___ Data ___

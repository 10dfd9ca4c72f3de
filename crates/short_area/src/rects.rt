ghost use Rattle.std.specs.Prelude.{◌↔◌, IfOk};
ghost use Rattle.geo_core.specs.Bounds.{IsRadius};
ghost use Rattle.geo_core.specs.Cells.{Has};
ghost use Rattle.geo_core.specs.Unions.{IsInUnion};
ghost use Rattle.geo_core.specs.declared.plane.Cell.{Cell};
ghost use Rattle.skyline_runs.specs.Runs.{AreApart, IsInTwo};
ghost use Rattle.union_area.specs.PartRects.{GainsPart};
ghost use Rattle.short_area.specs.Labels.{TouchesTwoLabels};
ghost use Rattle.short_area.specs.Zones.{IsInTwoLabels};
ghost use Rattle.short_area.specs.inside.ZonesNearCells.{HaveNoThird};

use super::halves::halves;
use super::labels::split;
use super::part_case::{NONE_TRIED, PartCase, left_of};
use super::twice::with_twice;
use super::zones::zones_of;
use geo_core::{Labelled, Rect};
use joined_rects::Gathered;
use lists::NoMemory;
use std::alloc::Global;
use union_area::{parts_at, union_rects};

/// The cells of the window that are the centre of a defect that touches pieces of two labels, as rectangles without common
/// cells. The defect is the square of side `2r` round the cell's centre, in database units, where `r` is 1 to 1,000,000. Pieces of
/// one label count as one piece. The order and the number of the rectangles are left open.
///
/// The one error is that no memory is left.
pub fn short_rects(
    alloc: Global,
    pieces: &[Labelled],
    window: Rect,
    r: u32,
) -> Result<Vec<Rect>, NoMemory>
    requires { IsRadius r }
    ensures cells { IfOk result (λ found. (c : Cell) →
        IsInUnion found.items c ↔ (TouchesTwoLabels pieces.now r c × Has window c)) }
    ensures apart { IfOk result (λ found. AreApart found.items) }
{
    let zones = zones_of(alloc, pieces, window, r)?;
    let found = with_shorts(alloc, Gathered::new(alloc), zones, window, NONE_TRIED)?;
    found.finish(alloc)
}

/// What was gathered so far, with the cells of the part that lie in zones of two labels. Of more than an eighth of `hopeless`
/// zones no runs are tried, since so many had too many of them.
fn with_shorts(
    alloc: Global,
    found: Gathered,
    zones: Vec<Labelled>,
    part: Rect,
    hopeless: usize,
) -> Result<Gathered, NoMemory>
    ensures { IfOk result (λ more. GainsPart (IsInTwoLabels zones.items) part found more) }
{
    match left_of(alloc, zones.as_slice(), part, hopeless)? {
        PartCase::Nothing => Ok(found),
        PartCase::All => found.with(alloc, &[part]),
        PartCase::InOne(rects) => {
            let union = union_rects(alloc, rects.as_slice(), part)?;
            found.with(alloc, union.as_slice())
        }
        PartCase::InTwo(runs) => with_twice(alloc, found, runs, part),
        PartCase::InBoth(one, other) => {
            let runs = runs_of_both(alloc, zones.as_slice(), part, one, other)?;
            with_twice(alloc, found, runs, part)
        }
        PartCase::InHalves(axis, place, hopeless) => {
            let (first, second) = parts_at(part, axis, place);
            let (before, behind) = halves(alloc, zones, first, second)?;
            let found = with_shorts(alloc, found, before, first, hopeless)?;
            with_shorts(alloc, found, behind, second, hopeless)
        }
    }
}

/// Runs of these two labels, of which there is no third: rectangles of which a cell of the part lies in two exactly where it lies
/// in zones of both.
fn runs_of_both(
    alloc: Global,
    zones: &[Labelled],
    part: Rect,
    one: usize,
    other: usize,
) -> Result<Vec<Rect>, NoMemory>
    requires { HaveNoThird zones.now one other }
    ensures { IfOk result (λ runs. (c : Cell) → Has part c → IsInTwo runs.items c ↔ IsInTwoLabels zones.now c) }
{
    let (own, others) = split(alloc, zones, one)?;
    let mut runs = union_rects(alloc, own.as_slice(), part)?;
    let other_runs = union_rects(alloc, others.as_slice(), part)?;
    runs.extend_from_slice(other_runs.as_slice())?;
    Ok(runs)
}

___

Your objective :: Could you copy each line in the listing above that includes the word "AreApart"?

Written response ::
ghost use Rattle.skyline_runs.specs.Runs.{AreApart, IsInTwo};
    ensures apart { IfOk result (λ found. AreApart found.items) }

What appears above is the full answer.